====== Data records ======

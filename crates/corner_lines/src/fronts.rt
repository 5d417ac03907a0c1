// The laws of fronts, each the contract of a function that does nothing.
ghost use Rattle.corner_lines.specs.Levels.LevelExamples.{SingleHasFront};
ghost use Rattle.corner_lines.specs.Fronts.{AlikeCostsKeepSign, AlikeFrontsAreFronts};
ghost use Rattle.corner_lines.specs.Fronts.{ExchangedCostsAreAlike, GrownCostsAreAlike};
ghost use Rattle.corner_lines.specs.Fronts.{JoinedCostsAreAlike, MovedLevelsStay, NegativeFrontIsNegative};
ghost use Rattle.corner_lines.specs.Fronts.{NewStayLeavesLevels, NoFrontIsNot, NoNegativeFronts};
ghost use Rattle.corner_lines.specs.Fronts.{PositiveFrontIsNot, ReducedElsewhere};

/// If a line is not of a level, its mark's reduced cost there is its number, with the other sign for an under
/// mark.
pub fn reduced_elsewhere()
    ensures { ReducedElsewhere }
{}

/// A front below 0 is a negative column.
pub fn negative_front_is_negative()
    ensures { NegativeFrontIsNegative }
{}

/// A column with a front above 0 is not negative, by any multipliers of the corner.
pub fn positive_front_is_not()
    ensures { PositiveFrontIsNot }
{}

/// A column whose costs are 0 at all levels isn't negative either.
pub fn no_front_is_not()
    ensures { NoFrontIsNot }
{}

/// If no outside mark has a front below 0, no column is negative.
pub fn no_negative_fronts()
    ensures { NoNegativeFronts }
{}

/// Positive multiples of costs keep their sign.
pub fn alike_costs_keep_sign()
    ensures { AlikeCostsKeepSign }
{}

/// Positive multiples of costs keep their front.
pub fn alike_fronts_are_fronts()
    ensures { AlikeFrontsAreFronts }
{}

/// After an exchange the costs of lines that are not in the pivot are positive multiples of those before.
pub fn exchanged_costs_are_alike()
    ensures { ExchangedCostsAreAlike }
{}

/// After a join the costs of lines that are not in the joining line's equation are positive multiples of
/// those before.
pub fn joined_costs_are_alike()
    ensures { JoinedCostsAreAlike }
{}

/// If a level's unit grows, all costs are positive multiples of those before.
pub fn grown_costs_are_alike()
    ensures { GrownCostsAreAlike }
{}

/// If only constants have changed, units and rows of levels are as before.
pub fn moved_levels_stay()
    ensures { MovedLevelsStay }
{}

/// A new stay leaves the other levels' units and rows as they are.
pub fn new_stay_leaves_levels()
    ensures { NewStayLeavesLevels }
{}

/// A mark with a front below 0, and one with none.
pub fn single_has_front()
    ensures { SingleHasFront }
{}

======
====== Data records ======

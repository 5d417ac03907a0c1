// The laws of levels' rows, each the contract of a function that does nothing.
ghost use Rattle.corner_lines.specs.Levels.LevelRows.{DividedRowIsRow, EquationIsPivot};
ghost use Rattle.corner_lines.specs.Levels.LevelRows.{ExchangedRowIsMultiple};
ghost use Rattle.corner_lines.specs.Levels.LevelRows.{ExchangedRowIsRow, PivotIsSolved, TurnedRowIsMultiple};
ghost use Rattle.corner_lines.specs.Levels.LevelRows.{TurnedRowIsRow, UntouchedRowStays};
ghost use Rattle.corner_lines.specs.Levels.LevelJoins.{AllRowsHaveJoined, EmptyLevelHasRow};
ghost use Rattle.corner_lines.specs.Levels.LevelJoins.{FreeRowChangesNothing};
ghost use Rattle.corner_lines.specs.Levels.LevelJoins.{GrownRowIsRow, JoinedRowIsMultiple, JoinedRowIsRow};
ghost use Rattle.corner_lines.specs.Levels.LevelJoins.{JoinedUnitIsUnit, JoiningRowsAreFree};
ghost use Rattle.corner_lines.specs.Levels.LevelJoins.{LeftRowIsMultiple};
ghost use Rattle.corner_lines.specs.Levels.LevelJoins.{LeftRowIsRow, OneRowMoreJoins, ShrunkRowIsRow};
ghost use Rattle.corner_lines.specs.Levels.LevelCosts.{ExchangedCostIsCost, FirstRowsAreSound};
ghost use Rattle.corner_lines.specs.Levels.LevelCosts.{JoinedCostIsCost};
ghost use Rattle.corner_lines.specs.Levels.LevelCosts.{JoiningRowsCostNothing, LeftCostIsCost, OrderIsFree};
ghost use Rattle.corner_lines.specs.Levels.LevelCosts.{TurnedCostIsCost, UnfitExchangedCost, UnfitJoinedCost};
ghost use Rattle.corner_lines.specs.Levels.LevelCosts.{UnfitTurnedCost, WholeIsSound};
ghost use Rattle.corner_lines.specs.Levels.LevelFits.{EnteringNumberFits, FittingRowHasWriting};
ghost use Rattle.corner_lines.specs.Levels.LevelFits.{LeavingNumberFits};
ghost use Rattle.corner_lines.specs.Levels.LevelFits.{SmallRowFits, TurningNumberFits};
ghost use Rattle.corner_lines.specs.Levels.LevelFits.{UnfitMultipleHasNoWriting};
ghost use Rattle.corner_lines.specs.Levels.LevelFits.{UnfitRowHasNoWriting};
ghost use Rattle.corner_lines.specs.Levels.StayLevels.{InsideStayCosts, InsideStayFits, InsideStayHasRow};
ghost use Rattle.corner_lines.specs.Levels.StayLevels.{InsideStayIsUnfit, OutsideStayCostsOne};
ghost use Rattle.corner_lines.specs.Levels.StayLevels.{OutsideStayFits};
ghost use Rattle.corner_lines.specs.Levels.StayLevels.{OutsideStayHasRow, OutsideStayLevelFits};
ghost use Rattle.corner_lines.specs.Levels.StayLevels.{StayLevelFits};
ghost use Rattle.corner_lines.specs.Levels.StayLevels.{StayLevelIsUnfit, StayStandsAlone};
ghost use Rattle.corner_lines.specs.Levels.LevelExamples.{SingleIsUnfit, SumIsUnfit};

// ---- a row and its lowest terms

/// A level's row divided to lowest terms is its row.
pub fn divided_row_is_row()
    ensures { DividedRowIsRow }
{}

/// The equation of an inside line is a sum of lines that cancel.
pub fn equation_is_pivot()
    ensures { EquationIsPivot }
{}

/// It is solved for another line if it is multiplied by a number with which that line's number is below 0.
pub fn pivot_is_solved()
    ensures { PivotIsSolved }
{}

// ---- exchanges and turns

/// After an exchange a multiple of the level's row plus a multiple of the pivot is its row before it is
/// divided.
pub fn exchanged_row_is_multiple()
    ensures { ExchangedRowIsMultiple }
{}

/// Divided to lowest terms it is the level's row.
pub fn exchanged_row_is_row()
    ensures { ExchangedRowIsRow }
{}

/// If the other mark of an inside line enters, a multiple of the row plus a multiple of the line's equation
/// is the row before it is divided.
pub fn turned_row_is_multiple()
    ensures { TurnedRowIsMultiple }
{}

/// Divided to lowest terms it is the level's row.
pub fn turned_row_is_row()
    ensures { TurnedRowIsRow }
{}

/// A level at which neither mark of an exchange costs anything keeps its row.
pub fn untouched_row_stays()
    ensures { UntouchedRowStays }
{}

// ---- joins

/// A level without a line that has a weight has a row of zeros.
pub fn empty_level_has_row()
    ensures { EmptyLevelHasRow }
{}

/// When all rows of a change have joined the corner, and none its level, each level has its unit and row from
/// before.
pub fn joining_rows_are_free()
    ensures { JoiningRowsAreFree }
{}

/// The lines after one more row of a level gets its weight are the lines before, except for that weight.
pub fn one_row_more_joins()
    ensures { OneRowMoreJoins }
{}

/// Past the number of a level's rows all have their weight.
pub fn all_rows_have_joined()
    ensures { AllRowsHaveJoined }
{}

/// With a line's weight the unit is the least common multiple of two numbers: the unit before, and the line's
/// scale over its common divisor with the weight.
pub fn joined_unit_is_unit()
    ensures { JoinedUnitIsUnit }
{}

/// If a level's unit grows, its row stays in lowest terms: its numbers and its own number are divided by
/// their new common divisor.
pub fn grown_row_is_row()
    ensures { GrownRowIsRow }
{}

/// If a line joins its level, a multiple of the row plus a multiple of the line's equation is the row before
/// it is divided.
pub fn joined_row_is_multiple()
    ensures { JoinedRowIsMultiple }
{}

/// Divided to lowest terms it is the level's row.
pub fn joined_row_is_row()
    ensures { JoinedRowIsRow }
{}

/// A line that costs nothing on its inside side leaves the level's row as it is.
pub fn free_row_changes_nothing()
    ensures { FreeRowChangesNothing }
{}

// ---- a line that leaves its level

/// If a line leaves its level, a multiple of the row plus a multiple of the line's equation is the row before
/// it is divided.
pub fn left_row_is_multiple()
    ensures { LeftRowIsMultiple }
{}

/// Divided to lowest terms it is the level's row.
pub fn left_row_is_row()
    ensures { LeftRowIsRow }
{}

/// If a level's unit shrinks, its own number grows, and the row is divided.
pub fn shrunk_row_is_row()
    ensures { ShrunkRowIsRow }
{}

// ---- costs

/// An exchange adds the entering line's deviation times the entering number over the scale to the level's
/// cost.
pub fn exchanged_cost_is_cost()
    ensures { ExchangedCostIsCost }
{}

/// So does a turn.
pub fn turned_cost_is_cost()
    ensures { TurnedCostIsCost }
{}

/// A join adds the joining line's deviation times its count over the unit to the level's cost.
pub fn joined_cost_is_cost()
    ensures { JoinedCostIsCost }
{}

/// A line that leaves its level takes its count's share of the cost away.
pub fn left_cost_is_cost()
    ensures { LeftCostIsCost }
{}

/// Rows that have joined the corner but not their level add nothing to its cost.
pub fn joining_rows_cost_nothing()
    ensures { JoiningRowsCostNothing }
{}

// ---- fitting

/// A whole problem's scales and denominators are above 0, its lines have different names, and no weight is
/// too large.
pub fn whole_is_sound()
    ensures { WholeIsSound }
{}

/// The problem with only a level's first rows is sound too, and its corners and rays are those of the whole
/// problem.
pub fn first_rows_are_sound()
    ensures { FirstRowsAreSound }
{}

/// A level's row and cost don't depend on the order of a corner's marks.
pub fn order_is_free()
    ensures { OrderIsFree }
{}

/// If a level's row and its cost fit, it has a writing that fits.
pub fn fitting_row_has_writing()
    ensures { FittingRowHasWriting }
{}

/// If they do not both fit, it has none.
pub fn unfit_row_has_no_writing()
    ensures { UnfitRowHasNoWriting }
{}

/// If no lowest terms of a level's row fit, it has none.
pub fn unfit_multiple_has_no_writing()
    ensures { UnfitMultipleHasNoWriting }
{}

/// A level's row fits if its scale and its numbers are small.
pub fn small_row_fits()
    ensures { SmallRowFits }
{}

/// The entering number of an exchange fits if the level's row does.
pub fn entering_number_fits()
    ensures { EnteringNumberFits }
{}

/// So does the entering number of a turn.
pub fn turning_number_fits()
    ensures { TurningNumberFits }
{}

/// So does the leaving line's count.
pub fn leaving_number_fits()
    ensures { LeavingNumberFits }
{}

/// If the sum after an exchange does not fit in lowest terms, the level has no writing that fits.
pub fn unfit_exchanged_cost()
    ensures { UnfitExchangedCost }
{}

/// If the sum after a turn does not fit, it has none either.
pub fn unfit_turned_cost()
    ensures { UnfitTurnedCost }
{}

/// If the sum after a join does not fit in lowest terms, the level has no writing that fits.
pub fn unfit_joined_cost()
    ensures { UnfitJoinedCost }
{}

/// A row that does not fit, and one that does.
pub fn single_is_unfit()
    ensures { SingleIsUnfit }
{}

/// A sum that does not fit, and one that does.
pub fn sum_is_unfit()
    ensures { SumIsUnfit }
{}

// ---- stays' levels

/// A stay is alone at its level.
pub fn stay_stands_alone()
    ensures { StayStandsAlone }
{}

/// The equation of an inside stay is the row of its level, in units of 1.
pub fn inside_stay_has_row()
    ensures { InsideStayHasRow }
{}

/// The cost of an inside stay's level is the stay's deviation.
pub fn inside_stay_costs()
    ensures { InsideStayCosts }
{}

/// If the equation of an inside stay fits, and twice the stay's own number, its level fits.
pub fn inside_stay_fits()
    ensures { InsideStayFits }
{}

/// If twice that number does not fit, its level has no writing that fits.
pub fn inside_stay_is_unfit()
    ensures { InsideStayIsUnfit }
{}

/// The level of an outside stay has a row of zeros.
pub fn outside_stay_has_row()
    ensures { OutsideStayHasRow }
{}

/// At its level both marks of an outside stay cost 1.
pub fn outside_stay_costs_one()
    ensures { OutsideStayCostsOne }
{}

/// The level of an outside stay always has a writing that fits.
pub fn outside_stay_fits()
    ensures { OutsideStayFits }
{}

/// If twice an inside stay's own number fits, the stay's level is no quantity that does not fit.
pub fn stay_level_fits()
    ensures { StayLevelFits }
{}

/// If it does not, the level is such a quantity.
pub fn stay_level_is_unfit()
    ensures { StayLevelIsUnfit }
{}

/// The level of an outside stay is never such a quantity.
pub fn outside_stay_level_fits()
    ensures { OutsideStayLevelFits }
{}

======

◆ **What you need to do**
Search the data above for the word "SingleIsUnfit". Copy each line it is in.

◆ **Expected answer**
ghost use Rattle.corner_lines.specs.Levels.LevelExamples.{SingleIsUnfit, SumIsUnfit};
    ensures { SingleIsUnfit }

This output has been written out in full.